=== Section Start ===

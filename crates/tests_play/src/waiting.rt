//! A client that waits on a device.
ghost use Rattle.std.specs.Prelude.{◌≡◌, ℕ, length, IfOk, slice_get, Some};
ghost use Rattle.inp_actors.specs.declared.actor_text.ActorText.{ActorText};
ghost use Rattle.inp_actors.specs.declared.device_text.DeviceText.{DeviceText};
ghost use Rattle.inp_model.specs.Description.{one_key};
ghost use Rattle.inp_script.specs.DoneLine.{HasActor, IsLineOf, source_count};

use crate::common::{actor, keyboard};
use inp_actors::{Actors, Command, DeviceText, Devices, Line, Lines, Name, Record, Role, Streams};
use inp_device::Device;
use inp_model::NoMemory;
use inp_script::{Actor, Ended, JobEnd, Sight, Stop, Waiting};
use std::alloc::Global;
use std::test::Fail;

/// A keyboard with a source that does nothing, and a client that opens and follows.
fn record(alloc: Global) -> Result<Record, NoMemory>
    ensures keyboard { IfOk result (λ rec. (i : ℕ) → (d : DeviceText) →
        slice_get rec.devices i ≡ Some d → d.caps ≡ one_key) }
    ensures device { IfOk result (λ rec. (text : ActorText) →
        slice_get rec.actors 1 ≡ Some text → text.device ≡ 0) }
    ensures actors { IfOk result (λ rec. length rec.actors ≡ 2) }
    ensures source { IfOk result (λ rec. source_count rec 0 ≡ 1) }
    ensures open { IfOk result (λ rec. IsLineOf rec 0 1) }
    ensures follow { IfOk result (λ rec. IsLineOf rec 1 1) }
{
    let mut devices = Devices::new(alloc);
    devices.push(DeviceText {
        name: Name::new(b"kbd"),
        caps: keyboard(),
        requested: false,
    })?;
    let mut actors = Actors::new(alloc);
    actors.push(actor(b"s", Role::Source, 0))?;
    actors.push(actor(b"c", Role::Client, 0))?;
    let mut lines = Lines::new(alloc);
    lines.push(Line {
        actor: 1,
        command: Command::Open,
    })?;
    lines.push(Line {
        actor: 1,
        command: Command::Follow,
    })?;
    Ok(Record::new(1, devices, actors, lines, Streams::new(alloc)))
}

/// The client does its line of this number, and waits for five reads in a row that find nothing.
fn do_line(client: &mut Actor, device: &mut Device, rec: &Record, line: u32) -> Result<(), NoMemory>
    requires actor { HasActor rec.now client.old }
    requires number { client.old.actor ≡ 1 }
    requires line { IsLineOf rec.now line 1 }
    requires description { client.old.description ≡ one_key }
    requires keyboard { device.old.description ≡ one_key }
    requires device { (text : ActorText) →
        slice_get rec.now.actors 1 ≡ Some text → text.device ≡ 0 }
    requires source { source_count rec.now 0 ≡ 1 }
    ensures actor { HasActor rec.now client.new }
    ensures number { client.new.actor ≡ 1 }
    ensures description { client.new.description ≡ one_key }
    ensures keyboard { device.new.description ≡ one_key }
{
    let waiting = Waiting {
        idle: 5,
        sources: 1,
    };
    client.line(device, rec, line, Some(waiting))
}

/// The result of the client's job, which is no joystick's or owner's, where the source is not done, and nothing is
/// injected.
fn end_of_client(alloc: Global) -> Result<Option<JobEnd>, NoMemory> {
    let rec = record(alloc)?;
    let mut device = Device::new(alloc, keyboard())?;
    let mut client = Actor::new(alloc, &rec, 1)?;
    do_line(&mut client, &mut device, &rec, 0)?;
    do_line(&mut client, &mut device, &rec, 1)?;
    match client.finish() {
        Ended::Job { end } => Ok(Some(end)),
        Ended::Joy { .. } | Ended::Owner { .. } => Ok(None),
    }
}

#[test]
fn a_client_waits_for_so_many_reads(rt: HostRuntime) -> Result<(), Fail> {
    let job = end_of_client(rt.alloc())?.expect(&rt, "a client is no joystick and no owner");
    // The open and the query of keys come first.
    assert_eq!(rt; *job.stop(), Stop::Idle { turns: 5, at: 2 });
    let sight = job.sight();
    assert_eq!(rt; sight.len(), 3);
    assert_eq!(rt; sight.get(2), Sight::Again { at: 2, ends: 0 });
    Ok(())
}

=== Section End ===
=== Section Start ===

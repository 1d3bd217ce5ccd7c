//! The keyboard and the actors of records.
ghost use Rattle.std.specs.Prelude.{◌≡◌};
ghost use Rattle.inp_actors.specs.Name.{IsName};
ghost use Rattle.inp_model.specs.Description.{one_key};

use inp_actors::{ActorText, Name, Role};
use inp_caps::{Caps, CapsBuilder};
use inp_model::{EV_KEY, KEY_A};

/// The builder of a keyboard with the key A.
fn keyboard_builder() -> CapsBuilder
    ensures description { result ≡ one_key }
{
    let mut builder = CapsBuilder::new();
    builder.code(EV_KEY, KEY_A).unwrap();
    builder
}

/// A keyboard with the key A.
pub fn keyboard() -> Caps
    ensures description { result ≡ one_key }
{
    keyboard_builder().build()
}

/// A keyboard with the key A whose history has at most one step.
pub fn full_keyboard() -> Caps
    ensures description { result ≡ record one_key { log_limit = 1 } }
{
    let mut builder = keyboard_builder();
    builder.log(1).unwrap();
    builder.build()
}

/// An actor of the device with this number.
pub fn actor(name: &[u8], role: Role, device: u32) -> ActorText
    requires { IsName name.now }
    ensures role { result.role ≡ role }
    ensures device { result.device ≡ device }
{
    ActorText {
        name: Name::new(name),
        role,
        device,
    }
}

=== Section End ===

● What is required: Please filter the entries above down to the lines holding "that" and copy them.

● Result of this task:
//! A client that waits on a device.
/// A keyboard with a source that does nothing, and a client that opens and follows.
/// The client does its line of this number, and waits for five reads in a row that find nothing.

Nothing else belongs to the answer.